>>>
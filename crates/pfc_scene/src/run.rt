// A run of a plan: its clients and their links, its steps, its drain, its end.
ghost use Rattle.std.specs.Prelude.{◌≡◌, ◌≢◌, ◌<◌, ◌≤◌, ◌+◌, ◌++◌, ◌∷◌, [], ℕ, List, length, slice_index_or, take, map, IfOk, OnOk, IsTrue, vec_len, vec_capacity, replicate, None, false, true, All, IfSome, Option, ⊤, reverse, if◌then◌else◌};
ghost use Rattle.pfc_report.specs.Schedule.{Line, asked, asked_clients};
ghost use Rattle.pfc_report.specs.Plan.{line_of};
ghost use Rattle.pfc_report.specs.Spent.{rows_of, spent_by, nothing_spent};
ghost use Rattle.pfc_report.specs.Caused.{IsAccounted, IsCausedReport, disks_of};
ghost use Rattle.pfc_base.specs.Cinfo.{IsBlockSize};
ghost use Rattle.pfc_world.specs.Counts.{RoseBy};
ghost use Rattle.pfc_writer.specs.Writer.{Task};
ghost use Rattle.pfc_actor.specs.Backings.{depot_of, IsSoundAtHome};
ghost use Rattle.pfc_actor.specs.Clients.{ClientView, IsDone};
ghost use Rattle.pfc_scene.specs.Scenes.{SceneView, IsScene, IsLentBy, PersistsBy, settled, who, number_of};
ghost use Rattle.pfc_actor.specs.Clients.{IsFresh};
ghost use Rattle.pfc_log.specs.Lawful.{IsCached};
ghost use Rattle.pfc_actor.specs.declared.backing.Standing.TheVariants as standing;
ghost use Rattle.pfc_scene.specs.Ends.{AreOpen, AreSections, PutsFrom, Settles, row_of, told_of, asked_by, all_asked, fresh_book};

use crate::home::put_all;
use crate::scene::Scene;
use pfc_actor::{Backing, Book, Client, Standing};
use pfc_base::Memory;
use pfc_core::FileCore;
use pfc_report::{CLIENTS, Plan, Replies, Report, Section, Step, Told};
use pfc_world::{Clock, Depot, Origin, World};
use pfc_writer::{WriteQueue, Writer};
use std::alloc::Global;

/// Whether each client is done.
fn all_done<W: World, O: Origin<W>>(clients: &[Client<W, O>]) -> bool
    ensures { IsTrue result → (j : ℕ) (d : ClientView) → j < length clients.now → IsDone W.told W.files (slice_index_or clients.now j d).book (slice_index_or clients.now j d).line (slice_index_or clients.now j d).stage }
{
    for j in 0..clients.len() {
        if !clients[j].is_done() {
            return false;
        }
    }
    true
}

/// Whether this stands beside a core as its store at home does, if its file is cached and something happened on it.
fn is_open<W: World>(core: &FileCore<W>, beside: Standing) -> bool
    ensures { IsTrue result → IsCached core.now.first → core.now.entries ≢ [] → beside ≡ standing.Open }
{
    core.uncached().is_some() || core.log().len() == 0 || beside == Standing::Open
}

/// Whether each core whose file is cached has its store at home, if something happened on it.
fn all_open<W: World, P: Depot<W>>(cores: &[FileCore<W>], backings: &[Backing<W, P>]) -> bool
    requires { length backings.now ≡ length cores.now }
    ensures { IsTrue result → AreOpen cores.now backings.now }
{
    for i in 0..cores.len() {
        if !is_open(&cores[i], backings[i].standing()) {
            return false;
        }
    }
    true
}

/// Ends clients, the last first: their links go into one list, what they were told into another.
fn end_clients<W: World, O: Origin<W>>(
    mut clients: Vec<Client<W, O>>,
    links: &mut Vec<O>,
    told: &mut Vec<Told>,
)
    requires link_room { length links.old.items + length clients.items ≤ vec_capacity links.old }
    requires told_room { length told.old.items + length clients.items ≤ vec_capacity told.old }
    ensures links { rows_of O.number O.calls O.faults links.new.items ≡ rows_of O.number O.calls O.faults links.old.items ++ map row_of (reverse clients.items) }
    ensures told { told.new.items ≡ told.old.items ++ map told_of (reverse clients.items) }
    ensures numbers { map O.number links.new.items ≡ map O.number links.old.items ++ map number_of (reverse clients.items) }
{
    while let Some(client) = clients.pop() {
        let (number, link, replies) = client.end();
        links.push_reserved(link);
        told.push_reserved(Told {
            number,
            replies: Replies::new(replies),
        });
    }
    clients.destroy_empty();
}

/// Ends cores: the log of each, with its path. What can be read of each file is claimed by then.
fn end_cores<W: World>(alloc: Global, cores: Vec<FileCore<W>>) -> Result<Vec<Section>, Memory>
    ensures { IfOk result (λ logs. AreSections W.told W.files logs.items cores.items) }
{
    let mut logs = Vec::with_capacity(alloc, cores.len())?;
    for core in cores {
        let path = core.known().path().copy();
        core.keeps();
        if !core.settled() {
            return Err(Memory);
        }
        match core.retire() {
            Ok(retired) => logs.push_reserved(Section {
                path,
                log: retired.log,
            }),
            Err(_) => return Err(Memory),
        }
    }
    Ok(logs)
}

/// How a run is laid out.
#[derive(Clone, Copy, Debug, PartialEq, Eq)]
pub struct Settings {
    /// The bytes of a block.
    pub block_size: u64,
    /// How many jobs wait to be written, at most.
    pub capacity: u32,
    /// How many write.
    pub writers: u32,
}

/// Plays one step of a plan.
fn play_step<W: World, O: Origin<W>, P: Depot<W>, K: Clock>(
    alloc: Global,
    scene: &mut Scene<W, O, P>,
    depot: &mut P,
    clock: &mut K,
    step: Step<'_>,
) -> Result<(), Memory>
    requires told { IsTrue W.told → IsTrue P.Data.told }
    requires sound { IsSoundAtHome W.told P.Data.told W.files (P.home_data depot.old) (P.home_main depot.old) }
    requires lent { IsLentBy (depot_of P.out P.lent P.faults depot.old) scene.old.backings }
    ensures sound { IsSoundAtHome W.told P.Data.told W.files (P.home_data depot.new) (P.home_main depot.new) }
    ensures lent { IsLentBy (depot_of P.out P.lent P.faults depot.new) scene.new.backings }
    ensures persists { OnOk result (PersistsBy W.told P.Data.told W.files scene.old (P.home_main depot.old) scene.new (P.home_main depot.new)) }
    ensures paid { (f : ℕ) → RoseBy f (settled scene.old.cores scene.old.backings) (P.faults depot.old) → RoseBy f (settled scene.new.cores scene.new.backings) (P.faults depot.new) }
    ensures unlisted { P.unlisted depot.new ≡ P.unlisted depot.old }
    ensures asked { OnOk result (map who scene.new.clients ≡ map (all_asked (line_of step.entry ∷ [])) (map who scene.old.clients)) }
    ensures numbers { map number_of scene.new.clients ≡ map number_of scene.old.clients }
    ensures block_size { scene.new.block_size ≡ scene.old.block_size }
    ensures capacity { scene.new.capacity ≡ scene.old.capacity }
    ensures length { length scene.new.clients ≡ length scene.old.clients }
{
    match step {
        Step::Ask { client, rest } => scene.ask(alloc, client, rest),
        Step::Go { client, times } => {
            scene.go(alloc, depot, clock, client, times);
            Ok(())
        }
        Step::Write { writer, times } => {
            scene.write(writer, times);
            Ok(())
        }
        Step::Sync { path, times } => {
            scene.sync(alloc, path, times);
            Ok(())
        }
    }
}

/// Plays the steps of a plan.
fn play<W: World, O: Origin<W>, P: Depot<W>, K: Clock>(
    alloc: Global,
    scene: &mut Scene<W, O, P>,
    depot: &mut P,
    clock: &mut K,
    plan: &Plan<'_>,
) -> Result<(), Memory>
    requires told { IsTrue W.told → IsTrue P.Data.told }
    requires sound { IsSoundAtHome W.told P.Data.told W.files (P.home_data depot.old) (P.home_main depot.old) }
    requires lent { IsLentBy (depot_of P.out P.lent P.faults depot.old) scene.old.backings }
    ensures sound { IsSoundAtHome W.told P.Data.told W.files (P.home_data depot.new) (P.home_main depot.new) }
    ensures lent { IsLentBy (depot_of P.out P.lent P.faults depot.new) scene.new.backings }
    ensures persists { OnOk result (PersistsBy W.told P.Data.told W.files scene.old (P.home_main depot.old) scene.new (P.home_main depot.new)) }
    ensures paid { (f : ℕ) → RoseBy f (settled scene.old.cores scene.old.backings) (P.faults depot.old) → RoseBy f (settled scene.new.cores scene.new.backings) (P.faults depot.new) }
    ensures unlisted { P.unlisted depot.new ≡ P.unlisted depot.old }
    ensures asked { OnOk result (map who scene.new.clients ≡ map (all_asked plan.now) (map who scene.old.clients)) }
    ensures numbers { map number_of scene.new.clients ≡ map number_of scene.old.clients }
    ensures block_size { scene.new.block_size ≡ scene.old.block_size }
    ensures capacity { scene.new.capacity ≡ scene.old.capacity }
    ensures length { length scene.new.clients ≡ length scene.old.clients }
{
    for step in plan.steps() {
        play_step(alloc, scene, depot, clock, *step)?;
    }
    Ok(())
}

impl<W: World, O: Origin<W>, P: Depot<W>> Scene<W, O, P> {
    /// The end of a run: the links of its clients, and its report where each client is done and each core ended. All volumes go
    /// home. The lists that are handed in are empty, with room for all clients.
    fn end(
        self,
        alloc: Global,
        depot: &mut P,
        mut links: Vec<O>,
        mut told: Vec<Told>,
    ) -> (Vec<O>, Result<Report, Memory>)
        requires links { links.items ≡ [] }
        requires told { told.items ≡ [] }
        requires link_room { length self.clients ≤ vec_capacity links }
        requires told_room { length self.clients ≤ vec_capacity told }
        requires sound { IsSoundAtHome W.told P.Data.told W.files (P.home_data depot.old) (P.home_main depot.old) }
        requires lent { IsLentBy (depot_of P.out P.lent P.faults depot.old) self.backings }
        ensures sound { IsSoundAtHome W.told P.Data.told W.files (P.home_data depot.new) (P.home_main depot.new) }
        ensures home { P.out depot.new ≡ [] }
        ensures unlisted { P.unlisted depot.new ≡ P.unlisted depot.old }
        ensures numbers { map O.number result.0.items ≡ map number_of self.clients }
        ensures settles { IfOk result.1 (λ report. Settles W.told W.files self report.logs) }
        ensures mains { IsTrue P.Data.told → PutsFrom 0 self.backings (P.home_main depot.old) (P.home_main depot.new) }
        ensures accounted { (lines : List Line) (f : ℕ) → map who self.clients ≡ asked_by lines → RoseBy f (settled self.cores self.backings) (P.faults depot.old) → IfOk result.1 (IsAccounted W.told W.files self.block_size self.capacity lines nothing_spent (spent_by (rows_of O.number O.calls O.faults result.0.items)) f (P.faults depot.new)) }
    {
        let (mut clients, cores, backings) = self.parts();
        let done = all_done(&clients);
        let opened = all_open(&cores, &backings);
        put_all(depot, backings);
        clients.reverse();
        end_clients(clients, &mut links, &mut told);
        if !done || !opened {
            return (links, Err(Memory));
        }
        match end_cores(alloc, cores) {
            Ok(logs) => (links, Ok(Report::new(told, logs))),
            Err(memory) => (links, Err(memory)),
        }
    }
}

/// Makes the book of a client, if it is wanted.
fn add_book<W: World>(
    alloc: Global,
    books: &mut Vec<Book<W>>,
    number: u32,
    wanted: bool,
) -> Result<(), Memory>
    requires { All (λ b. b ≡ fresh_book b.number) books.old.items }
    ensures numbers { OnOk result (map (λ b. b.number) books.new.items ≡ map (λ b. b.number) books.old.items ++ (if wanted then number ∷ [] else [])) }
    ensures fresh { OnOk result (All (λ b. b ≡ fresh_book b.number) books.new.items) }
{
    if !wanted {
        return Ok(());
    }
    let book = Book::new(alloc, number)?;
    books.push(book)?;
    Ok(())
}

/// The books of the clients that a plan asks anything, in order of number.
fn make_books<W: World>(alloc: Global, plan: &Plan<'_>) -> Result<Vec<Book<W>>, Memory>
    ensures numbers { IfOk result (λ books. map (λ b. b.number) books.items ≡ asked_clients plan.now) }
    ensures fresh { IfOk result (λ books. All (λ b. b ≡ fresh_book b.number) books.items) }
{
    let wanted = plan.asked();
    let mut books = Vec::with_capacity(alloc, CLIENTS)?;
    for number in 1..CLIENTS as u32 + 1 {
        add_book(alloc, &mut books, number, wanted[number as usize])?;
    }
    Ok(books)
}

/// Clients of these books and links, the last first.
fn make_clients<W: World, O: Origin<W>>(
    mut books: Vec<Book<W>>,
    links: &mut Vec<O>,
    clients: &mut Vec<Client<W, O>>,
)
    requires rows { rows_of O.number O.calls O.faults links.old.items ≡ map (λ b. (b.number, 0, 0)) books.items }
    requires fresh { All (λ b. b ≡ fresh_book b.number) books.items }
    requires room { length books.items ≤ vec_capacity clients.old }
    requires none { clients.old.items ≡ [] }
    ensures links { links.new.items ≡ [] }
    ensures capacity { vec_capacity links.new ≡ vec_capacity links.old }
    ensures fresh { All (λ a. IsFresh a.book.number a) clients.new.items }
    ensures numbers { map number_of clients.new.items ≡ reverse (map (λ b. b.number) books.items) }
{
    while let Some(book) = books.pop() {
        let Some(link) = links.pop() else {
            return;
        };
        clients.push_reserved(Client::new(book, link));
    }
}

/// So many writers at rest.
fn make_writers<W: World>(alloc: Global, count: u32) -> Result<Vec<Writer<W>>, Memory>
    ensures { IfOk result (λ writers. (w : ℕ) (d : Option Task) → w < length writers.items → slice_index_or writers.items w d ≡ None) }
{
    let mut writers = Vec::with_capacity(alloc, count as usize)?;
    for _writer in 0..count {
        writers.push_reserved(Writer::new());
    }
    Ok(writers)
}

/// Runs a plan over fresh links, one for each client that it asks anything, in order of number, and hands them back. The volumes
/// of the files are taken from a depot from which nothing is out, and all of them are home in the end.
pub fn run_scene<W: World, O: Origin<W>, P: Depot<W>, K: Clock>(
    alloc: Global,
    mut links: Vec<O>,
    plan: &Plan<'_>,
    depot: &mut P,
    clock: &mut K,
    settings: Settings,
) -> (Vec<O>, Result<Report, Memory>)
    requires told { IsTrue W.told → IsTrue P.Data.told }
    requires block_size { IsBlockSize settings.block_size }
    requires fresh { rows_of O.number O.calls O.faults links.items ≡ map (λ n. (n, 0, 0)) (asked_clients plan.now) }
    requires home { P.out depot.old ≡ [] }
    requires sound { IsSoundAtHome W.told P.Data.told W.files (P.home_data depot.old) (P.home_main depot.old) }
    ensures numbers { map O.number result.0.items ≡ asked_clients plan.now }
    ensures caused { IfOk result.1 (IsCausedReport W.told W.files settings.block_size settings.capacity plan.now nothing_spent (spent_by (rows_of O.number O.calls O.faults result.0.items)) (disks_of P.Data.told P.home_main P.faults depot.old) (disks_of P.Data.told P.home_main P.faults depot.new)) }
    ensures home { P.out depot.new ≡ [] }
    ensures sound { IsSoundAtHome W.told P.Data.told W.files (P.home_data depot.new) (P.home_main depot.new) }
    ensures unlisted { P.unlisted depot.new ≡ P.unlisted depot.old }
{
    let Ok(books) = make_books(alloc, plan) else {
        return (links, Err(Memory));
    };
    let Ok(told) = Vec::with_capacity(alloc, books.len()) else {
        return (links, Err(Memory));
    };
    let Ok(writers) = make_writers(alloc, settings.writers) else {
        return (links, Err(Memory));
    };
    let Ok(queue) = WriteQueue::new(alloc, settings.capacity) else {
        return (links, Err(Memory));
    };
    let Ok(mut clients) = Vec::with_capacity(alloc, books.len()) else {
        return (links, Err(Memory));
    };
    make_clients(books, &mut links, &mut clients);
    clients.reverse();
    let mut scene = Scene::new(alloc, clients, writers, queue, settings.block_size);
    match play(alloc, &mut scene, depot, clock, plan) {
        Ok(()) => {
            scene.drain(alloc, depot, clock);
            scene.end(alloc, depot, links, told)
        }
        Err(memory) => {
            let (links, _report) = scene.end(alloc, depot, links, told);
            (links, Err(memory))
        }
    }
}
<<<
REQUIRED ACTION:
When a line in the records above holds "Plays", that line is to be reported.

RESULT:
/// Plays one step of a plan.
/// Plays the steps of a plan.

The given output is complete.